### What is needed
Wherever a line of the records contains "BuildHasherDefault", copy that line.

### Data
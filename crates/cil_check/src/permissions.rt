//! The permissions that classes and commons list, by numbers.

ghost use Rattle.std.specs.Prelude.{◌≡◌, ◌<◌, ◌||◌, ◌&&◌, ◌==◌, ◌++◌, ◌∷◌, [], ℕ, false, List, map, length, bytes_eq, Some, OnOk, IfOk, if◌then◌else◌};
ghost use Rattle.cil_check.specs.Common.{Word, Placed, has_name, texts, distinct, read, AreNumbersOf, texts_of, names_of, word_at, is_listed, HaveListed, HaveWords, lists_own, IsOf};
ghost use Rattle.std.specs.List.{list_any, AllByRecursion, IsDistinct};
ghost use Rattle.cil_bind.specs.Written.{IsOneName};

use crate::bound::{BoundPolicy, Seen};
use cil_names::counted_in_32_bits;
use cil_parse::{Lists, NumberedWord, StatementKind};
use indexmap::IndexSet;
use std::alloc::{AllocError, Allocator, Global};
use std::hash::{BuildHasherDefault, FoldHasher};

/// A permission that a class or a common lists, by the place of its statement and the number of the permission's name.
#[derive(Clone, Copy, PartialEq, Eq, Hash)]
pub struct Listed {
    pub owner: u32,
    pub word: u32,
}

/// Whether statements of a kind list permissions of their own.
fn lists_own(kind: StatementKind) -> bool
    ensures { result ≡ lists_own kind }
{
    match kind {
        StatementKind::Common => true,
        StatementKind::Class => true,
        _ => false,
    }
}

/// The permissions that classes and commons list; and for each statement the numbers of those that it lists, each once.
#[derive(Drop)]
pub struct Permissions<A: Allocator = Global> {
    pub listed: IndexSet<Listed, BuildHasherDefault<FoldHasher>, A>,
    pub words: Lists<u32, A>,
}

impl<A: Allocator> Permissions<A> {
    /// Whether the class or the common of a place lists a permission.
    pub fn has(&self, owner: u32, word: u32) -> bool
        ensures { result ≡ list_any (is_listed owner word) self.now.listed.keys }
    {
        self.listed.contains(&Listed { owner, word })
    }
}

impl<A: Allocator + Copy> Permissions<A> {
    /// Takes up a permission.
    fn add(&mut self, owner: u32, word: u32) -> Result<(), AllocError>
        ensures listed { OnOk result ((k n : ℕ) → list_any (is_listed k n) self.new.listed.keys ≡ (list_any (is_listed k n) self.old.listed.keys || (k == owner && n == word))) }
        ensures words { OnOk result (self.new.words ≡ (self.old.words.0, if list_any (is_listed owner word) self.old.listed.keys then self.old.words.1 else self.old.words.1 ++ word ∷ [])) }
    {
        if self.listed.insert(Listed { owner, word })? {
            self.words.push(word)?;
        }
        Ok(())
    }

    /// Takes up the permissions that a statement lists.
    #[inline(never)]
    fn add_words(
        &mut self,
        owner: u32,
        seen: &Seen<'_, '_, A>,
        words: &[NumberedWord],
    ) -> Result<(), AllocError>
        requires { (list : List Word) × (map (read (texts_of seen.now.«module».now)) words.now ≡ map Some list) }
        ensures listed { OnOk result ((names : List (List ℕ)) (list : List Word) → IsDistinct bytes_eq names → AreNumbersOf names seen.now.words.now (names_of seen.now.«module».now)
            → map (read (texts_of seen.now.«module».now)) words.now ≡ map Some list → AllByRecursion IsOneName list → (k n : ℕ) → n < length names
            → list_any (is_listed k n) self.new.listed.keys ≡ (list_any (is_listed k n) self.old.listed.keys || (k == owner && has_name (texts list) (word_at names n)))) }
        ensures closed { OnOk result (self.new.words.0 ≡ self.old.words.0) }
        ensures words { OnOk result ((names : List (List ℕ)) (list : List Word) → IsDistinct bytes_eq names → AreNumbersOf names seen.now.words.now (names_of seen.now.«module».now)
            → map (read (texts_of seen.now.«module».now)) words.now ≡ map Some list → AllByRecursion IsOneName list → ((n : ℕ) → n < length names → list_any (is_listed owner n) self.old.listed.keys ≡ false)
            → self.old.words.1 ≡ [] → AreNumbersOf names self.new.words.1 (distinct (texts list))) }
    {
        for word in words {
            self.add(owner, seen.number(*word))?;
        }
        Ok(())
    }

    /// The permissions that the classes and the commons of a policy list. A policy of more than 4294967295 statements is answered as out
    /// of memory.
    #[inline(never)]
    pub fn of(alloc: A, bound: &BoundPolicy<'_, '_, A>) -> Result<Self, AllocError>
        requires { (policy : List Placed) × IsOf bound.now policy }
        ensures listed { IfOk result (λ permissions. (policy : List Placed) → IsOf bound.now policy → HaveListed bound.now.policy.now.names policy permissions.listed.keys) }
        ensures words { IfOk result (λ permissions. (policy : List Placed) → IsOf bound.now policy → HaveWords bound.now.policy.now.names policy permissions.words.0) }
    {
        let count = bound.len();
        counted_in_32_bits(count)?;
        let mut permissions = Permissions {
            listed: IndexSet::new(alloc),
            words: Lists::with_capacity(alloc, count, 0)?,
        };
        for i in 0..count {
            if lists_own(bound.kind(i)) {
                let seen = bound.seen(i);
                permissions.add_words(i as u32, &seen, seen.view.permissions())?;
            }
            permissions.words.close()?;
        }
        Ok(permissions)
    }
}
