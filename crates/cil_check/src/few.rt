//! Numbers, each once, up to one more than a class may have permissions.

ghost use Rattle.std.specs.Prelude.{◌≡◌, ◌<◌, [], length, fold, nat_lt};
ghost use Rattle.cil_check.specs.Few.{with_number};

use std::marker::Model;

/// The greatest number of permissions of a class, its common's included (the kernel's access vectors have 32 bits).
const GREATEST_CLASS: usize = 32;

/// The first of some numbers, each once, up to one more than a class may have permissions.
#[derive(Drop)]
pub struct Few {
    numbers: [u32; 33],
    count: usize,
}

impl Model for Few {
    ghost use Rattle.std.specs.Prelude.{List, ℕ, ◌≤◌, take, length};

    ghost Value = { List ℕ };

    ghost view = { λ f. take f.count f.numbers };

    ghost invariant = { λ f. f.count ≤ 33 };
}

impl Few {
    /// No number.
    pub fn new() -> Self
        ensures { result ≡ [] }
    {
        Few {
            numbers: [0; 33],
            count: 0,
        }
    }

    /// Whether there are more numbers than a class may have permissions.
    pub fn is_over(&self) -> bool
        ensures { result ≡ nat_lt 32 (length self.now) }
    {
        self.count > GREATEST_CLASS
    }

    /// Takes up a number, if it is new and there is room.
    fn insert(&mut self, number: u32)
        ensures { self.new ≡ with_number self.old number }
    {
        if self.is_over() || self.numbers[..self.count].contains(&number) {
            return;
        }
        self.numbers[self.count] = number;
        self.count += 1;
    }

    /// Takes up numbers, until there is no room.
    pub fn insert_all(&mut self, numbers: &[u32])
        ensures { self.new ≡ fold with_number self.old numbers.now }
    {
        for number in numbers {
            if self.is_over() {
                return;
            }
            self.insert(*number);
        }
    }
}
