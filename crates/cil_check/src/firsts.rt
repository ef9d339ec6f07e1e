//! Which statement is the first that gives something to a declaration.

ghost use Rattle.std.specs.Prelude.{◌+◌, [], take, slice_get, ◌≡◌, List, Some, OnOk, OnErr};
ghost use Rattle.cil_check.specs.Common.{Placed, IsLead, IsSeen, association_table, given_kind, given_lead, first_at, with_first};
ghost use Rattle.cil_check.specs.Associations.{HasFirstsOf};

use crate::bound::Seen;
use cil_parse::StatementKind;
use indexmap::IndexMap;
use std::alloc::{AllocError, Allocator, Global};
use std::hash::{BuildHasherDefault, FoldHasher};
use std::marker::Model;

/// For declarations, by the places of their statements, the place of the first statement that gives them something.
#[derive(Drop)]
pub struct Firsts<A: Allocator = Global> {
    places: IndexMap<u32, u32, BuildHasherDefault<FoldHasher>, A>,
}

impl<A: Allocator> Model for Firsts<A> {
    ghost use Rattle.std.specs.Prelude.{List, ℕ};

    ghost Value = { List (ℕ × ℕ) };

    ghost view = { λ f. f.places.entries };
}

/// What statements give: an actual type to an alias, or a common to a class.
#[derive(Clone, Copy, PartialEq, Eq)]
pub enum Association {
    Actual,
    Common,
}

impl Association {
    /// Whether statements of a kind give this, to what their first reference leads to.
    pub fn is_given_by(self, kind: StatementKind) -> bool
        ensures { result ≡ given_kind self kind }
    {
        match (self, kind) {
            (Association::Actual, StatementKind::TypeAliasActual) => true,
            (Association::Common, StatementKind::ClassCommon) => true,
            _ => false,
        }
    }

    /// What a statement gives this to, by its place.
    pub fn lead<A: Allocator>(self, seen: &Seen<'_, '_, A>) -> Option<u32>
        ensures { (policy : List Placed) (s : Placed) → IsSeen seen.now policy s → IsLead (association_table self) policy result (given_lead self policy s) }
    {
        if self.is_given_by(seen.view.kind) {
            seen.lead(0)
        } else {
            None
        }
    }
}

impl<A: Allocator + Copy> Firsts<A> {
    /// No statement.
    pub(crate) fn new(alloc: A) -> Self
        ensures { result ≡ [] }
    {
        Firsts {
            places: IndexMap::new(alloc),
        }
    }

    /// Takes up the statement of a place, if it gives this, and none came before.
    pub(crate) fn note(
        &mut self,
        association: Association,
        seen: &Seen<'_, '_, A>,
        place: u32,
    ) -> Result<(), AllocError>
        ensures { OnOk result ((policy : List Placed) (s : Placed) → IsSeen seen.now policy s
            → slice_get policy place ≡ Some s
            → HasFirstsOf association policy (take place policy) self.old
            → HasFirstsOf association policy (take (place + 1) policy) self.new) }
    {
        let Some(to) = association.lead(seen) else {
            return Ok(());
        };
        self.insert(to, place)?;
        Ok(())
    }

    /// Takes up a statement, if none came before.
    fn insert(&mut self, to: u32, place: u32) -> Result<(), AllocError>
        ensures ok { OnOk result (self.new ≡ with_first self.old to place) }
        ensures err { OnErr result (self.new ≡ self.old) }
    {
        if self.places.contains_key(&to) {
            return Ok(());
        }
        self.places.insert(to, place)?;
        Ok(())
    }
}

impl<A: Allocator> Firsts<A> {
    /// The place of the first statement that gives something to the declaration at a place.
    pub fn get(&self, place: u32) -> Option<u32>
        ensures { result ≡ first_at self.now place }
    {
        self.places.get(&place).copied()
    }
}
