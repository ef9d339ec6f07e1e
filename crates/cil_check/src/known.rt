//! What classes are known to have.

ghost use Rattle.std.specs.Prelude.{◌≡◌, ℕ, Bool, true, IsTrue};
ghost use Rattle.cil_check.specs.Recent.{AreHeld, AreRecent};

use crate::held::HeldLists;
use crate::permissions::Listed;
use std::alloc::{Allocator, Global};

/// How many permissions are at hand.
const RECENT: usize = 4096;

/// Lists of permissions that classes are known to have, and single permissions, of those that were
/// asked lately. Each of these has one slot, where another may stand.
#[derive(Drop)]
pub struct Known<A: Allocator = Global> {
    pub lists: HeldLists<A>,
    pub recent: Vec<Option<Listed>, A>,
}

/// The slot of a permission of a class, by the class's place and the number of the name.
fn slot_of(class: u32, word: u32) -> usize {
    (class as usize * 31 + word as usize) % RECENT
}

/// Slots without permissions. Where memory runs out there is none.
fn empty_slots<A: Allocator + Copy>(alloc: A) -> Vec<Option<Listed>, A>
    ensures { (has : ℕ → ℕ → Bool) → AreRecent has result.items }
{
    match vec![in alloc; None; RECENT] {
        Ok(slots) => slots,
        Err(_) => Vec::new(alloc),
    }
}

impl<A: Allocator + Copy> Known<A> {
    /// Nothing.
    pub fn new(alloc: A) -> Self
        ensures lists { (holds : ℕ → ℕ → ℕ → Bool) → AreHeld holds result.lists.slots.items }
        ensures recent { (has : ℕ → ℕ → Bool) → AreRecent has result.recent.items }
    {
        Known {
            lists: HeldLists::new(alloc),
            recent: empty_slots(alloc),
        }
    }

    /// Whether a class is known to have a permission.
    pub fn has(&self, class: u32, word: u32) -> bool
        ensures { IsTrue result → (has : ℕ → ℕ → Bool) → AreRecent has self.now.recent.items
            → has class word ≡ true }
    {
        match self.recent.get(slot_of(class, word)) {
            Some(Some(last)) => last.owner == class && last.word == word,
            _ => false,
        }
    }

    /// Takes up a permission that a class has, in the place of the one in its slot.
    pub fn note(&mut self, class: u32, word: u32)
        ensures lists { self.new.lists ≡ self.old.lists }
        ensures recent { (has : ℕ → ℕ → Bool) → has class word ≡ true
            → AreRecent has self.old.recent.items → AreRecent has self.new.recent.items }
    {
        if let Some(last) = self.recent.get_mut(slot_of(class, word)) {
            *last = Some(Listed { owner: class, word });
        }
    }
}
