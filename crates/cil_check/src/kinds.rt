//! Kinds of what statements declare in the table of types.

ghost use Rattle.std.specs.Prelude.{◌≡◌};
ghost use Rattle.cil_check.specs.Common.{is_kind};

use cil_parse::StatementKind;

/// What a statement declares in the table of types.
#[derive(Clone, Copy, PartialEq, Eq)]
pub enum Kind {
    Type,
    Alias,
    Attribute,
}

impl Kind {
    /// Whether a statement of a kind declares this.
    pub fn is(self, statement: StatementKind) -> bool
        ensures { result ≡ is_kind self statement }
    {
        match (self, statement) {
            (Kind::Type, StatementKind::TypeName) => true,
            (Kind::Alias, StatementKind::TypeAlias) => true,
            (Kind::Attribute, StatementKind::TypeAttribute) => true,
            _ => false,
        }
    }
}
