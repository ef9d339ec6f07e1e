//! Names that lead to nothing, and permissions that their classes lack.

ghost use Rattle.std.specs.Prelude.{◌≡◌, ◌<◌, List, ℕ, true, Contains, Some, length, slice_get};
ghost use Rattle.cil_check.specs.Common.{Placed, classes, references, has_name, permissions_of, missing_words, AreNumbersOf, names_of, word_at, IsFirstOf, IsLead, IsSeen, Reads, IsNoted, first_unfound, class_lead, lacking_words};

use crate::bound::Seen;
use crate::checker::Checker;
use cil_parse::{NumberedWord, StatementKind};
use std::alloc::Allocator;

/// The place that the class of the permissions that a statement names leads to.
pub fn class_lead<A: Allocator>(seen: &Seen<'_, '_, A>) -> Option<u32>
    ensures { (policy : List Placed) (s : Placed) → IsSeen seen.now policy s → IsLead classes policy result (class_lead policy s) }
{
    match seen.view.kind {
        StatementKind::Rule(_) => seen.lead(2),
        StatementKind::RuleToSelf(_) | StatementKind::ClassPermissionSet => seen.lead(1),
        _ => None,
    }
}

impl<'p, 'm, A: Allocator> Checker<'p, 'm, A> {
    /// The first reference of a statement that leads nowhere.
    pub(crate) fn unfound(&self, seen: &Seen<'p, 'm, A>) -> Option<NumberedWord>
        ensures { (policy : List Placed) (s : Placed) → IsSeen seen.now policy s → Reads seen.now result (first_unfound policy s.namespace 0 (references s.form)) }
    {
        for k in 0..seen.bound.len() {
            if let Some(_found) = seen.lead(k) {
                continue;
            }
            return seen.word(k);
        }
        None
    }

    /// Whether the witness for a permission of the class of a place is a common that lists it.
    fn is_witnessed(&self, class: u32, word: u32) -> bool
        ensures { (policy : List Placed) (s : Placed) → IsNoted self.now policy → slice_get policy class ≡ Some s → IsFirstOf classes policy class → word < length self.now.bound.policy.now.names
            → result ≡ true → has_name (permissions_of policy s) (word_at self.now.bound.policy.now.names word) ≡ true }
    {
        let Some(at) = self.witnesses.get(class, word) else {
            return false;
        };
        let Some(common) = self.inherited.item(class, at) else {
            return false;
        };
        self.permissions.has(common, word)
    }

    /// Whether the class of a place has a permission, of its own or by a common that a statement gives it. All commons are gone over only
    /// where no witness is found: once in a check, which ends at the first permission that is lacking.
    pub fn has_permission(&self, class: u32, word: u32) -> bool
        ensures { (policy : List Placed) (s : Placed) → IsNoted self.now policy → slice_get policy class ≡ Some s → IsFirstOf classes policy class → word < length self.now.bound.policy.now.names
            → result ≡ has_name (permissions_of policy s) (word_at self.now.bound.policy.now.names word) }
    {
        if self.permissions.has(class, word) {
            return true;
        }
        if self.is_witnessed(class, word) {
            return true;
        }
        for common in self.inherited.get(class) {
            if self.permissions.has(*common, word) {
                return true;
            }
        }
        false
    }

    /// The first permission that a statement names and its class lacks.
    pub(crate) fn lacking(&self, seen: &Seen<'p, 'm, A>) -> Option<NumberedWord>
        requires { (policy : List Placed) × (s : Placed) × IsNoted self.now policy × IsSeen seen.now policy s }
        ensures { (policy : List Placed) (s : Placed) → IsNoted self.now policy → IsSeen seen.now policy s → AreNumbersOf self.now.bound.policy.now.names seen.now.words.now (names_of seen.now.«module».now)
            → Contains policy s → Reads seen.now result (slice_get (lacking_words policy s) 0) }
    {
        let class = class_lead(seen)?;
        for word in seen.view.permissions() {
            if !self.has_permission(class, seen.number(*word)) {
                return Some(*word);
            }
        }
        None
    }

    /// The first reference of a statement that leads nowhere, or else the first permission that its class lacks.
    pub fn missing_word(&self, seen: &Seen<'p, 'm, A>) -> Option<NumberedWord>
        requires { (policy : List Placed) × (s : Placed) × IsNoted self.now policy × IsSeen seen.now policy s }
        ensures { (policy : List Placed) (s : Placed) → IsNoted self.now policy → IsSeen seen.now policy s → AreNumbersOf self.now.bound.policy.now.names seen.now.words.now (names_of seen.now.«module».now)
            → Contains policy s → Reads seen.now result (slice_get (missing_words policy s) 0) }
    {
        let first = self.unfound(seen);
        first.or(self.lacking(seen))
    }
}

### Expected answer
use std::hash::{BuildHasherDefault, FoldHasher};
    pub listed: IndexSet<Listed, BuildHasherDefault<FoldHasher>, A>,
use std::hash::{BuildHasherDefault, FoldHasher};
    places: IndexMap<u32, u32, BuildHasherDefault<FoldHasher>, A>,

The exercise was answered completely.